> [The input]:
//! What is kept of the runs of one setting while they are made.
ghost use Rattle.std.specs.Prelude.{◌≡◌, ◌≤◌, ◌<◌, ◌∷◌, [], List, IfOk};
ghost use Rattle.figures.specs.Settings.{runs_with};
ghost use Rattle.figures.specs.Notes.{Note};

use crate::widths::is_narrow;
use base::Memory;
use figures::{RunMetadata, SettingFigures, SettingSummary};
use std::alloc::Global;
use std::mem::replace;
use sweep::Gather;

/// The most runs that there is room for.
const MOST_RUNS: u64 = 1_000_000;

/// What is kept of the runs of one setting while they are made, one after the other. There is room for 1,000,000 runs.
#[derive(Drop)]
pub struct SettingRuns {
    /// Their figures.
    figures: SettingFigures,
    /// How many of them have a false death.
    runs_with: u64,
}

impl SettingRuns {
    ghost use Rattle.figures.specs.Settings.{IsSummaryOf};
    ghost use Rattle.sweep_until.specs.Kept.{AreKept, runs_in};
    ghost use Rattle.sweep_until.specs.Until.{is_narrow_of};

    /// Nothing of a setting yet. It takes no memory.
    pub fn new(alloc: Global) -> SettingRuns
        ensures { AreKept [] result }
    {
        SettingRuns {
            figures: SettingFigures::new(alloc),
            runs_with: 0,
        }
    }

    /// Whether the 95 % interval of the share of runs with a false death is at most so many hundredths wide.
    pub fn is_narrow(&self, width: u64) -> bool
        requires { width ≤ 100 }
        ensures { (runs : List Note) → AreKept runs self.now → result ≡ is_narrow_of width runs }
    {
        let runs = self.figures.runs();
        is_narrow(width, self.runs_with.min(runs), runs)
    }

    /// The summary of the runs.
    pub fn into_summary(self) -> Result<SettingSummary, Memory>
        requires { 0 < runs_in self }
        ensures { IfOk result (λ summary. (runs : List Note) → AreKept runs self → IsSummaryOf summary runs) }
    {
        self.figures.summary()
    }
}

impl Gather for SettingRuns {
    ghost use Rattle.sweep_until.specs.Kept.{AreKept};

    ghost has = { λ kept _ runs. AreKept runs kept };

    // a setting has no more runs than there is room for, which the trait can't say
    fn add(&mut self, alloc: Global, note: &RunMetadata) -> Result<(), Memory> {
        let alone = runs_with(alloc, note)?;
        let figures = replace(&mut self.figures, SettingFigures::new(alloc));
        if figures.runs() >= MOST_RUNS {
            return Err(Memory);
        }
        self.figures = figures.with(note)?;
        self.runs_with = self.runs_with.saturating_add(alone);
        Ok(())
    }
}

/// Whether a run has a false death, as its number of such runs: that of a setting which has this run alone.
fn runs_with(alloc: Global, note: &RunMetadata) -> Result<u64, Memory>
    ensures { IfOk result (λ n. n ≡ runs_with (note.now ∷ [])) }
{
    let figures = SettingFigures::new(alloc).with(note)?;
    Ok(figures.summary()?.runs_with)
}
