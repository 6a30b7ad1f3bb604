use wp_model::Seq;

/// What the prepared tables say of a version.
#[derive(Clone, Copy, PartialEq, Eq)]
pub enum InPrepared {
    /// Neither the delayed set nor the delayed commits have it.
    Absent,
    /// The delayed set has it, and the delayed commits do not.
    Delayed,
    /// The delayed commits have it, decided by this number.
    Decided(Seq),
}

/// What a reader loads, one at a time.
#[derive(Clone, Copy, PartialEq, Eq)]
pub enum Load {
    /// The word at the version's place in the commit cache.
    FirstWord,
    /// The evicted bound.
    FirstMax,
    /// The flag that is 0 only where nothing is delayed.
    DelayedFlag,
    /// The delayed set and the delayed commits, which the prepared turn guards.
    InPrepared,
    /// The word once more.
    SecondWord,
    /// The bound once more.
    SecondMax,
    /// The flag that is 0 only where the old commit map is empty.
    OldFlag,
    /// The old commit map under the reader's snapshot, which the snapshots turn guards.
    IsOldCommit,
}

/// What a reader is to do by what it loaded.
#[derive(Clone, Copy, PartialEq, Eq)]
pub enum Asked {
    /// Make this load.
    Load(Load),
    /// Nothing more: the version is visible, or it is not.
    Answer(bool),
}

/// What a reader of one version has loaded so far, as far as it needed to. A word is as it was loaded.
#[derive(Clone, Copy, PartialEq, Eq)]
pub struct Observed {
    /// How many bits a place of the commit cache has: at most 16. By them a word is read.
    pub bits: u32,
    /// The number of the version.
    pub version: Seq,
    /// The snapshot's number.
    pub snapshot: Seq,
    /// The snapshot's smallest: each version below it is decided, and visible at the snapshot. 1 where no better number
    /// is known.
    pub smallest: Seq,
    pub first_word: Option<u64>,
    pub first_max: Option<Seq>,
    pub delayed_flag: Option<u64>,
    pub in_prepared: Option<InPrepared>,
    pub second_word: Option<u64>,
    pub second_max: Option<Seq>,
    pub old_flag: Option<u64>,
    pub is_old_commit: Option<bool>,
}
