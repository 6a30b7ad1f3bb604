ghost use Rattle.std.specs.Prelude.{◌≡◌, ◌+◌, ◌<◌, ◌≤◌, ◌^◌, ◌%◌, Some, IfSome};
ghost use Rattle.std.specs.Option.{option_map};
ghost use Rattle.wp_judge.specs.Words as words;
ghost use Rattle.wp_judge.specs.Words.{CommitPair, commit_pair, MayBePacked, IsPacked, word_of, pair_of, numbers_of, seq_end};

use wp_model::Seq;

/// The greatest number that a version or an entry has in the words and tables of the engine: 2^56 - 1.
pub const LAST_SEQ: Seq = 72057594037927935;

/// How many words a commit cache of so many bits has. The bits are at most 16.
pub fn count_words(bits: u32) -> u64
    requires { bits ≤ 16 }
    ensures count { result ≡ 2 ^ bits }
    ensures range { (1 ≤ result) × (result ≤ 65536) }
{
    1 << bits
}

/// Each delta in a word of a cache of so many bits is below this.
fn delta_bound(bits: u32) -> u64
    requires { bits ≤ 16 }
    ensures bound { result ≡ words.delta_bound (2 ^ bits) }
    ensures range { (256 ≤ result) × (result ≤ 16777216) }
{
    256 * count_words(bits)
}

/// How far the decision c is behind the version p, and one more: so no delta is 0.
fn delta_of(p: Seq, c: Seq) -> u64
    requires ordered { p ≤ c }
    requires few { c < seq_end }
    ensures delta { result ≡ words.delta_of (commit_pair p c) }
    ensures range { (1 ≤ result) × (p + result ≤ seq_end) }
{
    c - p + 1
}

/// Whether the pair (p, c) fits a word of a cache of so many bits, at most 16: the decision is less than 2^(8 + bits) - 1 behind the
/// version. One that does not is kept among the delayed commits.
pub fn fits(bits: u32, p: Seq, c: Seq) -> bool
    requires bits { bits ≤ 16 }
    requires ordered { p ≤ c }
    requires few { c < seq_end }
    ensures { result ≡ words.fits (2 ^ bits) (commit_pair p c) }
{
    delta_of(p, c) < delta_bound(bits)
}

/// The word of the pair (p, c), which fits: the version p is decided by the entry c. It stands at the place p modulo 2^bits, so the
/// quotient is all that it has of p; below that it has the delta, of 8 + bits bits. The bits are at most 16.
pub fn pack(bits: u32, p: Seq, c: Seq) -> u64
    requires bits { bits ≤ 16 }
    requires pair { MayBePacked (2 ^ bits) (commit_pair p c) }
    ensures word { result ≡ word_of (2 ^ bits) (commit_pair p c) }
    ensures unpacks { pair_of (2 ^ bits) (p % 2 ^ bits) result ≡ Some (commit_pair p c) }
{
    let quotient = p / count_words(bits);
    quotient * delta_bound(bits) + delta_of(p, c)
}

/// Whether some pair has this number and this delta.
fn is_pair(p: Seq, delta: u64) -> bool
    requires { p + delta < 2 ^ 64 }
    ensures { result ≡ words.is_pair p delta }
{
    1 <= p && 1 <= delta && p + delta <= LAST_SEQ + 1
}

/// The pair of the word at this place of a cache of so many bits, at most 16; None exactly where no pair packs to it there, as for
/// the empty word 0.
pub fn unpack(bits: u32, place: usize, word: u64) -> Option<(Seq, Seq)>
    requires bits { bits ≤ 16 }
    requires place { place < 2 ^ bits }
    ensures pair { result ≡ option_map numbers_of (pair_of (2 ^ bits) place word) }
    ensures packs { IfSome result (λ r. IsPacked (2 ^ bits) place word (commit_pair r.0 r.1)) }
{
    let p = word / delta_bound(bits) * count_words(bits) + place as u64;
    let delta = word % delta_bound(bits);
    if !is_pair(p, delta) {
        return None;
    }
    Some((p, p + delta - 1))
}
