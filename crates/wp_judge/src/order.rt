ghost use Rattle.std.specs.Prelude.{◌≡◌, ◌≤◌, ◌^◌};
ghost use Rattle.wp_judge.specs.Order as order;
ghost use Rattle.wp_judge.specs.Words.{decision_in_word};

use crate::observed::{Asked, InPrepared, Load, Observed};
use crate::words::{count_words, unpack};
use wp_model::Seq;

/// The next load of a reader, or its answer.
///
/// A version above the snapshot is invisible, and one below the snapshot's smallest is visible. Else the word decides,
/// if it is the version's; then the bound is loaded, which the version may be above; then what is delayed, where the
/// flag says that something is; then the word and the bound once more; and last the old commit map, where its flag says
/// that it has something.
pub fn ask(seen: &Observed) -> Asked
    requires { seen.now.bits ≤ 16 }
    ensures { result ≡ order.ask seen.now }
{
    if seen.snapshot < seen.version {
        return Asked::Answer(false);
    }
    if seen.version < seen.smallest {
        return Asked::Answer(true);
    }
    let Some(word) = seen.first_word else {
        return Asked::Load(Load::FirstWord);
    };
    match decision_in(seen.bits, word, seen.version) {
        Some(c) => Asked::Answer(c <= seen.snapshot),
        None => ask_bound(seen),
    }
}

/// After a first word that is another's.
fn ask_bound(seen: &Observed) -> Asked
    requires { seen.now.bits ≤ 16 }
    ensures { result ≡ order.ask_first_max seen.now seen.now.first_max }
{
    let Some(max) = seen.first_max else {
        return Asked::Load(Load::FirstMax);
    };
    if max < seen.version {
        return Asked::Answer(false);
    }
    match seen.delayed_flag {
        None => Asked::Load(Load::DelayedFlag),
        Some(0) => ask_again(seen),
        Some(_) => ask_delayed(seen),
    }
}

/// Where something is delayed.
fn ask_delayed(seen: &Observed) -> Asked
    requires { seen.now.bits ≤ 16 }
    ensures { result ≡ order.ask_in_prepared seen.now seen.now.in_prepared }
{
    match seen.in_prepared {
        None => Asked::Load(Load::InPrepared),
        Some(InPrepared::Absent) => ask_again(seen),
        Some(InPrepared::Delayed) => Asked::Answer(false),
        Some(InPrepared::Decided(c)) => Asked::Answer(c <= seen.snapshot),
    }
}

/// Where the version is not delayed.
fn ask_again(seen: &Observed) -> Asked
    requires { seen.now.bits ≤ 16 }
    ensures { result ≡ order.ask_second_word seen.now seen.now.second_word }
{
    let Some(word) = seen.second_word else {
        return Asked::Load(Load::SecondWord);
    };
    match decision_in(seen.bits, word, seen.version) {
        Some(c) => Asked::Answer(c <= seen.snapshot),
        None => ask_bound_again(seen),
    }
}

/// After a second word that is another's.
fn ask_bound_again(seen: &Observed) -> Asked
    ensures { result ≡ order.ask_second_max seen.now seen.now.second_max }
{
    let Some(max) = seen.second_max else {
        return Asked::Load(Load::SecondMax);
    };
    if max < seen.snapshot {
        return Asked::Answer(true);
    }
    match seen.old_flag {
        None => Asked::Load(Load::OldFlag),
        Some(0) => Asked::Answer(true),
        Some(_) => ask_old_commits(seen),
    }
}

/// Where the old commit map has something.
fn ask_old_commits(seen: &Observed) -> Asked
    ensures { result ≡ order.ask_is_old_commit seen.now.is_old_commit }
{
    match seen.is_old_commit {
        None => Asked::Load(Load::IsOldCommit),
        Some(is_old_commit) => Asked::Answer(!is_old_commit),
    }
}

/// The number that decides the version, if the word at its place is the version's.
fn decision_in(bits: u32, word: u64, version: Seq) -> Option<Seq>
    requires { bits ≤ 16 }
    ensures { result ≡ decision_in_word (2 ^ bits) version word }
{
    let place = (version % count_words(bits)) as usize;
    match unpack(bits, place, word) {
        Some((p, c)) if p == version => Some(c),
        _ => None,
    }
}
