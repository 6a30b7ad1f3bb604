//! How a reader decides one version: the words of the commit cache, and the order in which a reader loads.
//!
//! A reader of the version p at a live snapshot s takes no turn where it can. The commit cache is lossy, so it may
//! find that the word at p's place is another version's, and has to rule out, one after another, all that this may
//! mean: that p is above the evicted bound and hence not committed, that it is delayed, that its pair came into the
//! cache meanwhile, and that it was committed above s and evicted since. `ask` has this order: by what was loaded so
//! far it names the next load, or has the answer. Which loads a reader makes hangs on nothing else.
//!
//! That the answer is right, whatever others do between two loads, is what the machine of `wp_core` is for.
#![tactic(auto)]

pub mod laws;
mod observed;
mod order;
mod words;

pub use observed::{Asked, InPrepared, Load, Observed};
pub use order::ask;
pub use words::{LAST_SEQ, count_words, fits, pack, unpack};
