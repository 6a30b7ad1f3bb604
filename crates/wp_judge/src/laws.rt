//! Words of some pairs, and the greatest number.
ghost use Rattle.std.specs.Prelude.{◌≡◌, ◌+◌, ◌-◌, ◌^◌, Some};
ghost use Rattle.wp_judge.specs.Words.{commit_pair, word_of, pair_of, seq_end};
ghost use Rattle.wp_judge.specs.declared.words.TheConstants.{LAST_SEQ};

/// In caches of one word, of 2^10 and of 2^16, where the last pair has the greatest number.
pub fn some_pairs_have_these_words()
    ensures least { word_of (2 ^ 0) (commit_pair 2 3) ≡ 514 }
    ensures packed { word_of (2 ^ 10) (commit_pair 1026 1030) ≡ 262149 }
    ensures unpacked { pair_of (2 ^ 10) 2 262149 ≡ Some (commit_pair 1026 1030) }
    ensures greatest { word_of (2 ^ 16) (commit_pair (2 ^ 56 - 1) (2 ^ 56 - 1)) ≡ 18446744073692774401 }
{}

/// The greatest number is the last one below the end of all numbers.
pub fn limits_are()
    ensures { LAST_SEQ + 1 ≡ seq_end }
{}
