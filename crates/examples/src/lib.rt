// Worked examples of the store's formats, as one table under one theorem.
#![tactic(auto)]

ghost use Rattle.examples.specs.Table.{Table, SoundAs};

use journal::{Verdict, judge};

/// Tells whether bytes are a sound journal. Its contract has the table of worked examples.
pub fn is_sound(bytes: &[u8]) -> bool
    ensures table { Table }
    ensures sound { SoundAs bytes.now result }
{
    matches!(judge(bytes), Verdict::Sound(_))
}
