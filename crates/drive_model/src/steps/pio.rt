//! Steps of a command whose data moves through Data, a block at a time (ATA/ATAPI-6, PIO data-in and data-out).

ghost use Rattle.std.specs.Prelude.{◌≡◌, ◌≢◌, ◌+◌, ◌-◌, ◌<◌, ◌≤◌, ℕ, List, IfOk, OnOk, is_some, true};
ghost use Rattle.ata_taskfile.specs.TaskFile.{interrupted_in};
ghost use Rattle.ata_taskfile.specs.Data.{gives_words, takes_words};
ghost use Rattle.ata_taskfile.specs.Lawful.{IsLawfulState};
ghost use Rattle.plain_drive.specs.Words.{bytes_of};
ghost use Rattle.plain_drive.specs.Change.{leaves, writes, change_proceeded};
ghost use Rattle.plain_drive.specs.Physical.{seen};
ghost use Rattle.plain_drive.specs.Step.{offered, words_due, loaded, received, first_wanted, next_wanted};
ghost use Rattle.drive_model.specs.CachedStore.{CallsStore, device_over};
ghost use Rattle.drive_model.specs.Drive.{IfTold, count_of, physical_of, worked};
ghost use Rattle.drive_model.specs.Block.{block_of};

use crate::Drive;
use crate::cached_store::CachedStore;
use crate::identify::identity;
use crate::words::{bytes_of, words_of};
use ata_taskfile::registers::{BLOCK_WORDS, SECTOR_BYTES};
use ata_taskfile::{Form, Kind, Phase, Request, Stepped, Taken};
use drive_store::{Store, StoreFault};

impl<S: Store> Drive<S> {
    // Loads the words that are due, which wait in Data from now on.
    #[tactic(auto, using(ata_taskfile::proofs::Ends::is_due, ata_taskfile::proofs::Ends::waiting_block_lawful))]
    pub(crate) fn give_block(&mut self, order: Request, done: u32) -> Result<Stepped, StoreFault>
        requires phase { self.old.file.phase ≡ Phase.Busy (Taken.Good order) done }
        requires gives { gives_words order.form ≡ true }
        ensures called { CallsStore self.old.sectors self.new.sectors result }
        ensures after { OnOk result (IfTold self.old self.new ((memory : List ℕ) →
            physical_of self.new memory
            ≡ worked leaves (loaded order done) (physical_of self.old memory))) }
        ensures answer { IfOk result (λ stepped. stepped ≡ Stepped.Changed) }
    {
        let words = words_due(&mut self.sectors, order.kind, order.first + done as u64)?;
        self.offer(order, done, words, BLOCK_WORDS);
        Ok(Stepped::Changed)
    }

    // Wants the first block of a write, or writes the block that came.
    pub(crate) fn receive(&mut self, order: Request, done: u32) -> Result<Stepped, StoreFault>
        requires phase { self.old.file.phase ≡ Phase.Busy (Taken.Good order) done }
        requires takes { takes_words order.form ≡ true }
        ensures called { CallsStore self.old.sectors self.new.sectors result }
        ensures after { OnOk result (IfTold self.old self.new ((memory : List ℕ) →
            let p = physical_of self.old memory in physical_of self.new memory
            ≡ worked (change_proceeded Form.PioOut order done (seen p)) (received order done) p)) }
        ensures answer { IfOk result (λ stepped. stepped ≡ Stepped.Changed) }
    {
        if done == 0 {
            self.want_first(order);
        } else {
            self.write_block(order, done)?;
        }
        Ok(Stepped::Changed)
    }

    // The first block is wanted without an interrupt (ATA/ATAPI-6, PIO data-out).
    #[tactic(auto, using(plain_drive::proofs::Ends::first_wanted_lawful))]
    fn want_first(&mut self, order: Request)
        requires phase { self.old.file.phase ≡ Phase.Busy (Taken.Good order) 0 }
        requires takes { takes_words order.form ≡ true }
        ensures after { (memory : List ℕ) → physical_of self.new memory
            ≡ worked leaves (first_wanted order) (physical_of self.old memory) }
        ensures sectors { self.new.sectors ≡ self.old.sectors }
    {
        let mut file = self.file;
        file.phase = Phase::Ready(Taken::Good(order), 0, BLOCK_WORDS);
        self.put_block(file, self.block, 0);
    }

    // Writes the block that came, and wants the next one.
    #[tactic(auto, using(plain_drive::proofs::Ends::block_came, plain_drive::proofs::Ends::block_whole))]
    fn write_block(&mut self, order: Request, done: u32) -> Result<(), StoreFault>
        requires phase { self.old.file.phase ≡ Phase.Busy (Taken.Good order) done }
        requires takes { takes_words order.form ≡ true }
        requires came { done ≢ 0 }
        ensures called { CallsStore self.old.sectors self.new.sectors result }
        ensures after { OnOk result (IfTold self.old self.new ((memory : List ℕ) →
            let p = physical_of self.old memory in physical_of self.new memory
            ≡ worked (writes (order.first + (done - 1)) (bytes_of p.block))
            (next_wanted order done) p)) }
    {
        self.sectors
            .put(order.first + (done - 1) as u64, &bytes_of(self.block))?;
        self.want_next(order, done);
        Ok(())
    }

    // Wants the next block, or ends the command where there is none.
    #[tactic(auto, using(plain_drive::proofs::Ends::wanted_lawful))]
    fn want_next(&mut self, order: Request, done: u32)
        requires phase { self.old.file.phase ≡ Phase.Busy (Taken.Good order) done }
        requires takes { takes_words order.form ≡ true }
        ensures after { (memory : List ℕ) → physical_of self.new memory
            ≡ worked leaves (next_wanted order done) (physical_of self.old memory) }
        ensures sectors { self.new.sectors ≡ self.old.sectors }
    {
        if done < order.count {
            self.offer(order, done, self.block, 0);
        } else {
            self.end(order, done);
        }
    }

    // Shows so many words of a block in Data, or wants the rest of it there.
    fn offer(&mut self, order: Request, done: u32, block: [u16; 256], words: u16)
        requires room { words ≤ BLOCK_WORDS }
        requires lawful { IsLawfulState
            (interrupted_in (Phase.Ready (Taken.Good order) done BLOCK_WORDS) self.old.file)
            self.old.bus words (count_of self.old) }
        ensures after { (memory : List ℕ) → physical_of self.new memory
            ≡ worked leaves (offered order done (block_of block words))
            (physical_of self.old memory) }
        ensures sectors { self.new.sectors ≡ self.old.sectors }
    {
        let mut file = self.file;
        file.interrupt_in(Phase::Ready(Taken::Good(order), done, BLOCK_WORDS));
        self.put_block(file, block, words);
    }
}

// The words that a command gives at a sector.
fn words_due<S: Store>(
    sectors: &mut CachedStore<S>,
    kind: Kind,
    sector: u64,
) -> Result<[u16; 256], StoreFault>
    requires { sector < (S.sectors sectors.old.store).count }
    ensures called { CallsStore sectors.old sectors.new result }
    ensures cache { sectors.new.cache ≡ sectors.old.cache }
    ensures unmoved { S.sectors sectors.new.store ≡ S.sectors sectors.old.store }
    ensures words { IfOk result (λ words. is_some (S.sectors sectors.old.store).told ≡ true →
        words ≡ words_due kind sector (device_over sectors.old)) }
{
    if let Kind::Identify = kind {
        return Ok(identity(sectors.store.sectors()));
    }
    let mut bytes = [0; SECTOR_BYTES];
    sectors.get(sector, &mut bytes)?;
    Ok(words_of(&bytes))
}
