//! Steps of a command whose sectors the bus master moves, one a step (Bus Master IDE 1.0, data transfer).

ghost use Rattle.std.specs.Prelude.{◌≡◌, ◌+◌, ◌<◌, ◌^◌, ℕ, List, Ok, IfOk, OnOk, length, true};
ghost use Rattle.ata_taskfile.specs.Data.{moves_by_bus};
ghost use Rattle.ata_taskfile.specs.Lawful.{IsLawfulState};
ghost use Rattle.plain_drive.specs.Change.{leaves, change_moved, change_walked, change_proceeded};
ghost use Rattle.plain_drive.specs.Physical.{seen, kept_after};
ghost use Rattle.plain_drive.specs.Step.{stepped_if, proceeded, proceeds, walked, sector_given, transferred, position_after};
ghost use Rattle.drive_model.specs.CachedStore.{CallsStore, IfStoreTold, kept_of};
ghost use Rattle.drive_model.specs.Drive.{IfTold, count_of, physical_of, worked};
ghost use Rattle.drive_model.specs.Block.{block_of};

use crate::Drive;
use crate::cached_store::CachedStore;
use ata_taskfile::registers::SECTOR_BYTES;
use ata_taskfile::{Bus, Form, Phase, Request, Stepped, Taken};
use bm_dma::{GuestMemory, Moved, move_in, move_out};
use drive_store::{Store, StoreFault};

impl<S: Store> Drive<S> {
    // Moves the next sector by the running walk, waits for a walk, or ends the command where all sectors have moved.
    pub(crate) fn transfer(
        &mut self,
        order: Request,
        done: u32,
        memory: &mut GuestMemory,
    ) -> Result<Stepped, StoreFault>
        requires phase { self.old.file.phase ≡ Phase.Busy (Taken.Good order) done }
        requires moves { moves_by_bus order.form ≡ true }
        ensures called { CallsStore self.old.sectors self.new.sectors result }
        ensures size { length memory.new ≡ length memory.old }
        ensures after { let p = physical_of self.old memory.old in
            OnOk result (IfTold self.old self.new (physical_of self.new memory.new
            ≡ worked (change_proceeded order.form order done (seen p))
            (proceeded order.form order done) p)) }
        ensures answer { let p = seen (physical_of self.old memory.old) in
            IfOk result (λ stepped.
            stepped ≡ stepped_if (proceeds order.form order done p.device)) }
        ensures unmoved { result ≡ Ok Stepped.Nothing → self.new ≡ self.old }
        ensures memory_unmoved { result ≡ Ok Stepped.Nothing → memory.new ≡ memory.old }
    {
        if done >= order.count {
            self.end(order, done);
            return Ok(Stepped::Changed);
        }
        if self.bus.walk.is_none() {
            return Ok(Stepped::Nothing);
        }
        match order.form {
            Form::DmaIn => self.give_sector(order, done, memory)?,
            _ => self.take_sector(order, done, memory)?,
        }
        Ok(Stepped::Changed)
    }

    // Moves a sector of a read into memory.
    fn give_sector(
        &mut self,
        order: Request,
        done: u32,
        memory: &mut GuestMemory,
    ) -> Result<(), StoreFault>
        requires phase { self.old.file.phase ≡ Phase.Busy (Taken.Good order) done }
        requires moves { moves_by_bus order.form ≡ true }
        requires more { done < order.count }
        ensures called { CallsStore self.old.sectors self.new.sectors result }
        ensures size { length memory.new ≡ length memory.old }
        ensures after { OnOk result (IfTold self.old self.new (physical_of self.new memory.new
            ≡ worked leaves (sector_given order done) (physical_of self.old memory.old))) }
    {
        let mut sector = [0; SECTOR_BYTES];
        self.sectors.get(order.first + done as u64, &mut sector)?;
        let mut bus = self.bus;
        let moved = move_in(&mut bus, memory, &sector);
        self.put_walk(order, position_after(moved, done), bus);
        Ok(())
    }

    // Moves a sector of a write out of memory. What isn't whole reaches no sector.
    fn take_sector(
        &mut self,
        order: Request,
        done: u32,
        memory: &GuestMemory,
    ) -> Result<(), StoreFault>
        requires phase { self.old.file.phase ≡ Phase.Busy (Taken.Good order) done }
        requires moves { moves_by_bus order.form ≡ true }
        requires more { done < order.count }
        ensures called { CallsStore self.old.sectors self.new.sectors result }
        ensures after { let p = physical_of self.old memory.now in
            OnOk result (IfTold self.old self.new (physical_of self.new memory.now
            ≡ worked (change_walked order done (seen p)) (walked order done) p)) }
    {
        let mut sector = [0; SECTOR_BYTES];
        let mut bus = self.bus;
        let moved = move_out(&mut bus, memory, &mut sector);
        put_moved(&mut self.sectors, moved, order.first + done as u64, &sector)?;
        self.put_walk(order, position_after(moved, done), bus);
        Ok(())
    }

    // Puts a bus master in place that has tried a sector, and the command at this position.
    fn put_walk(&mut self, order: Request, done: u32, bus: Bus)
        requires { let file = record self.old.file { phase = Phase.Busy (Taken.Good order) done } in
            IsLawfulState file bus self.old.words (count_of self.old) }
        ensures file { self.new.file
            ≡ record self.old.file { phase = Phase.Busy (Taken.Good order) done } }
        ensures bus { self.new.bus ≡ bus }
        ensures block { block_of self.new.block self.new.words
            ≡ block_of self.old.block self.old.words }
        ensures sectors { self.new.sectors ≡ self.old.sectors }
    {
        self.bus = bus;
        self.file.phase = Phase::Busy(Taken::Good(order), done);
    }
}

// Writes a sector that the bus master moved out of memory; what isn't whole reaches no sector (own).
fn put_moved<S: Store>(
    sectors: &mut CachedStore<S>,
    moved: Moved,
    sector: u64,
    bytes: &[u8; SECTOR_BYTES],
) -> Result<(), StoreFault>
    requires { sector < (S.sectors sectors.old.store).count }
    ensures called { CallsStore sectors.old sectors.new result }
    ensures after { OnOk result (IfStoreTold sectors.old sectors.new
        (kept_of sectors.new
        ≡ kept_after (change_moved moved sector bytes.now) (kept_of sectors.old))) }
{
    match moved {
        Moved::Whole => sectors.put(sector, bytes),
        Moved::Short(_) | Moved::Outside | Moved::Waiting => Ok(()),
    }
}

// The position after a sector was tried: one further where it is whole (own).
fn position_after(moved: Moved, done: u32) -> u32
    requires { done + 1 < 2 ^ 32 }
    ensures { result ≡ position_after moved done }
{
    match moved {
        Moved::Whole => done + 1,
        Moved::Short(_) | Moved::Outside | Moved::Waiting => done,
    }
}
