//! How a command fails: its registers, and the end of its walk.

ghost use Rattle.std.specs.Prelude.{◌≡◌, ℕ, List};
ghost use Rattle.plain_drive.specs.Change.{leaves};
ghost use Rattle.plain_drive.specs.Step.{given_up};
ghost use Rattle.drive_model.specs.Drive.{physical_of, worked};

use crate::Drive;
use ata_taskfile::{Phase, Request, Stepped, Taken};
use drive_store::Store;
use plain_drive::{failure_bit, show_failure};

impl<S: Store> Drive<S> {
    // Ends the command as failed, with its walk.
    #[tactic(auto, using(plain_drive::proofs::Ends::walk_ended_lawful, plain_drive::proofs::Ends::order_within, plain_drive::proofs::Ends::within_count))]
    pub(crate) fn give_up(&mut self, order: Request, done: u32) -> Stepped
        requires { self.old.file.phase ≡ Phase.Busy (Taken.Good order) done }
        ensures after { (memory : List ℕ) → physical_of self.new memory
            ≡ worked leaves (given_up order done) (physical_of self.old memory) }
        ensures sectors { self.new.sectors ≡ self.old.sectors }
        ensures answer { result ≡ Stepped.Changed }
    {
        let mut file = self.file;
        show_failure(&mut file, order, done);
        file.end_failed(failure_bit(order.kind));
        if order.form.moves_by_bus() {
            self.bus.end_walk();
        }
        self.put_file(file);
        Stepped::Changed
    }
}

> [Exercise goal]: Gather every line from the listing above in which the word "IfStoreTold" appears.

> [Answer space]:
ghost use Rattle.drive_model.specs.CachedStore.{CallsStore, IfStoreTold, kept_of};
    ensures after { OnOk result (IfStoreTold sectors.old sectors.new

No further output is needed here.